[WORK REQUEST]
Copy all lines in the data that contain the string "trim".

[SUPPLIED MATERIAL]
=== Section Start ===
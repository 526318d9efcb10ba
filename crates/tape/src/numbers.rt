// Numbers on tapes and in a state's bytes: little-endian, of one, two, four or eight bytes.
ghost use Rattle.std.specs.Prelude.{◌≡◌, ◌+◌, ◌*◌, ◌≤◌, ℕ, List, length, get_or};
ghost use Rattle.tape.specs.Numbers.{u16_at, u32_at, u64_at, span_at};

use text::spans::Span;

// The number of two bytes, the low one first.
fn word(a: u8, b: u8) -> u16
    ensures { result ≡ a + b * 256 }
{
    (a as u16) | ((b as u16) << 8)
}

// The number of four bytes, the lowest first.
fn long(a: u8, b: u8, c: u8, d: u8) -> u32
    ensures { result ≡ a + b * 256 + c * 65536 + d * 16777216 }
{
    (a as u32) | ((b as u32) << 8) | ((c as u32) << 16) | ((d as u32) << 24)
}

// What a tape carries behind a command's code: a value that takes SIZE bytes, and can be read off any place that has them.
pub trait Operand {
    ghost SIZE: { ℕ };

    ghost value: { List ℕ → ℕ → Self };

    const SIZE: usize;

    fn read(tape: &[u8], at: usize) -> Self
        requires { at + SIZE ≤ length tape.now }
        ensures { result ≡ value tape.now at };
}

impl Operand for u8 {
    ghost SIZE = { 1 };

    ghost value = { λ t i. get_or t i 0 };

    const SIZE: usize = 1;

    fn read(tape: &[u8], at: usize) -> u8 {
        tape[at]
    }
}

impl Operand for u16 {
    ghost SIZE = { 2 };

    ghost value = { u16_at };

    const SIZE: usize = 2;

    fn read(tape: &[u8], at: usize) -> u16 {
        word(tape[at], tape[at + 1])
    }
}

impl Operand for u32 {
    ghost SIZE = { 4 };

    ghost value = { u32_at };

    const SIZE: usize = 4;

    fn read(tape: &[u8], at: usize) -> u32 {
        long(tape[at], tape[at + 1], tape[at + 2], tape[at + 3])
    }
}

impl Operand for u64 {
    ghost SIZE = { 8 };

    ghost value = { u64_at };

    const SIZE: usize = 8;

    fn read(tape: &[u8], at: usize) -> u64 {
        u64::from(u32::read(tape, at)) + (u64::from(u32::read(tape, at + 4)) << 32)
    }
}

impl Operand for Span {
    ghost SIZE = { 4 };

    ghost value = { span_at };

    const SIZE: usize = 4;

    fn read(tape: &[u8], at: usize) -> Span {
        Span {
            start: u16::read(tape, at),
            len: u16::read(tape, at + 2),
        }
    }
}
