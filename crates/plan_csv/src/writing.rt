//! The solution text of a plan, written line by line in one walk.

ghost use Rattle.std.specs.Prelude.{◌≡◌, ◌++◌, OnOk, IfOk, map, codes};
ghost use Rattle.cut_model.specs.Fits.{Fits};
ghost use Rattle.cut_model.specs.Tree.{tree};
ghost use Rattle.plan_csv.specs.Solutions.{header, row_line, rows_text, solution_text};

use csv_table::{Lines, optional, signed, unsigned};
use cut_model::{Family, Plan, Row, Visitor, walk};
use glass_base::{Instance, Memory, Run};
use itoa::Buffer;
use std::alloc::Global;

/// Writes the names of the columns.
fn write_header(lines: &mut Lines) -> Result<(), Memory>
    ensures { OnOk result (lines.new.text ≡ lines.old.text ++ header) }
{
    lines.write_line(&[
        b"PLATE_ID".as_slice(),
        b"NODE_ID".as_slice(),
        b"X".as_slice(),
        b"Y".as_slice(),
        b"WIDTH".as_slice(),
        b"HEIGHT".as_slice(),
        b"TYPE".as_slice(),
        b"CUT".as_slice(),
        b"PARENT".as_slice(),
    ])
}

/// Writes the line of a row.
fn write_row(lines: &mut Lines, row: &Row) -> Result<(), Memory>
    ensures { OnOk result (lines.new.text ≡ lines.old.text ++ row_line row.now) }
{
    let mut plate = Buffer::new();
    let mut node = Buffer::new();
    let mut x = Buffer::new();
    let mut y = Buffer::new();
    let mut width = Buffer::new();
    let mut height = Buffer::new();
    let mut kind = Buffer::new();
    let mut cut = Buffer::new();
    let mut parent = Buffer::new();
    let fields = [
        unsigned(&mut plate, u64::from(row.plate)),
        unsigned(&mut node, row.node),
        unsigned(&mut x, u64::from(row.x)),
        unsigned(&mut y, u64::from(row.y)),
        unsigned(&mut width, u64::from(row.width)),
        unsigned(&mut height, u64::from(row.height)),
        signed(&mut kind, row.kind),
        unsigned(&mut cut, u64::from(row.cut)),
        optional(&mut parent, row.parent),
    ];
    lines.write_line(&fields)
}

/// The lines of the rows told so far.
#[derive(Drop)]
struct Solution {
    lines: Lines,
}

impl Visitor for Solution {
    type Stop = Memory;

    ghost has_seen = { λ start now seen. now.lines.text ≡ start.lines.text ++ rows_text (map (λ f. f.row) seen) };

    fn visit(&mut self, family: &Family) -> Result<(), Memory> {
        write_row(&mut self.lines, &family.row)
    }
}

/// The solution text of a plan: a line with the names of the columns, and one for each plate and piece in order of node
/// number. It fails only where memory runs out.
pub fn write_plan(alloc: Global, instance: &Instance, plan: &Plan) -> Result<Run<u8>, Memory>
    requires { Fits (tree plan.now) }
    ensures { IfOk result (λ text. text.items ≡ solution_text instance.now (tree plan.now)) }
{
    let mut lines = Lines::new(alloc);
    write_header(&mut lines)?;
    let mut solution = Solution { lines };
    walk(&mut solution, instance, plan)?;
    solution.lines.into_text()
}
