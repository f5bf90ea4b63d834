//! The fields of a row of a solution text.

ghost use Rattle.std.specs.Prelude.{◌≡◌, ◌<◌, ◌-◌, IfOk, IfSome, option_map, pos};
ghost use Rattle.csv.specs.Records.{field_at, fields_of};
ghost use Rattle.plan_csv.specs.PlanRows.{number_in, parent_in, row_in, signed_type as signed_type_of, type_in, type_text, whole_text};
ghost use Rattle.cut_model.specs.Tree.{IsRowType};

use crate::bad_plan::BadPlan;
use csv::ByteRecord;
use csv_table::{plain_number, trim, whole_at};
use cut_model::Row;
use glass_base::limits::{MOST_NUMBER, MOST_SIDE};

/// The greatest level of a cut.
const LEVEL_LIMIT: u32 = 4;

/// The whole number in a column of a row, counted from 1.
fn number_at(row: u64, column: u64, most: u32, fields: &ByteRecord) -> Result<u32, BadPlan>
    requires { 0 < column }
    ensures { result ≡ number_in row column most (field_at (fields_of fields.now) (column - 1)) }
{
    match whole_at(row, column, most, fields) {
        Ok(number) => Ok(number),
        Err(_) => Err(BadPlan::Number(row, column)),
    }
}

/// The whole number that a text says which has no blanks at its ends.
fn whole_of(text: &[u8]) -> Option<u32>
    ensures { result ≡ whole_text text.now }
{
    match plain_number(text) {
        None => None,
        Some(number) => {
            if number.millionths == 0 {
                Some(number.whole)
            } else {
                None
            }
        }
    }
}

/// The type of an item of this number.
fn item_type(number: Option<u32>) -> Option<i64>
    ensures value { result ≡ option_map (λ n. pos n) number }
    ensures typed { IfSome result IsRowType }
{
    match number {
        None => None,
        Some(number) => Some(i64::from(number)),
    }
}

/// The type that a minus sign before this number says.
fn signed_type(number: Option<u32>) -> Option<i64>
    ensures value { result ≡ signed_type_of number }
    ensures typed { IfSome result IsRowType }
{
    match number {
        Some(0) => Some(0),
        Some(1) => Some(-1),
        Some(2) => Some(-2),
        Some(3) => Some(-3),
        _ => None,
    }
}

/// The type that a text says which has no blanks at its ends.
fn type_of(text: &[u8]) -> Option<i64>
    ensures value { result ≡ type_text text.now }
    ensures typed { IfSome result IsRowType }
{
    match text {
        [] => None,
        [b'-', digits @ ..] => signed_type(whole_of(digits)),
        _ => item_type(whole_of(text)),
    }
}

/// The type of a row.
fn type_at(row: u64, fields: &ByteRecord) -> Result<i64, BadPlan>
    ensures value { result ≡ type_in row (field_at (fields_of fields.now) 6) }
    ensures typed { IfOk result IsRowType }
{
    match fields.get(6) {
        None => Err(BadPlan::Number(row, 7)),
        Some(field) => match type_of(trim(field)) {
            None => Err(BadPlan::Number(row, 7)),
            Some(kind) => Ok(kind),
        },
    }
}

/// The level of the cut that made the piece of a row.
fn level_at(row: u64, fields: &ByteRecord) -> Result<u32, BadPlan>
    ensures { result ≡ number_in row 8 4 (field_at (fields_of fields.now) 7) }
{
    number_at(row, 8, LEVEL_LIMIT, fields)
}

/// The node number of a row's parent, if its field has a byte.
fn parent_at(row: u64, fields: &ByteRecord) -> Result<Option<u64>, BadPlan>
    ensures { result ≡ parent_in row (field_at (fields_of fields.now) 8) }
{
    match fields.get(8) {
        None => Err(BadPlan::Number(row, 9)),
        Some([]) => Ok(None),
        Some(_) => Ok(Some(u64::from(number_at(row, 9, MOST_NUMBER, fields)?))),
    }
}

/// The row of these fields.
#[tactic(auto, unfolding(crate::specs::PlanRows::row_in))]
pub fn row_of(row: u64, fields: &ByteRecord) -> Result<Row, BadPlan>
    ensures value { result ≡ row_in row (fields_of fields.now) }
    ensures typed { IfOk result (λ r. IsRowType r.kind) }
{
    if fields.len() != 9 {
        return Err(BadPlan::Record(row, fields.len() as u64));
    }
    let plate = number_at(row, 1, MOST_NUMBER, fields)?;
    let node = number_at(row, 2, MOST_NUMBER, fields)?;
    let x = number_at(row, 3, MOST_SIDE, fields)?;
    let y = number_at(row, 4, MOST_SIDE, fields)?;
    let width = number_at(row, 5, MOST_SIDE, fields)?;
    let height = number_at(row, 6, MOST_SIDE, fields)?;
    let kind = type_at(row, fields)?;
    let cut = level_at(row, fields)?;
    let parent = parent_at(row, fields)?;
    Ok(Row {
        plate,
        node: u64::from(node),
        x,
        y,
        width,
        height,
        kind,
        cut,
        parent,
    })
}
=== Section End ===
[WRITTEN SOLUTION]
use csv_table::{plain_number, trim, whole_at};
        Some(field) => match type_of(trim(field)) {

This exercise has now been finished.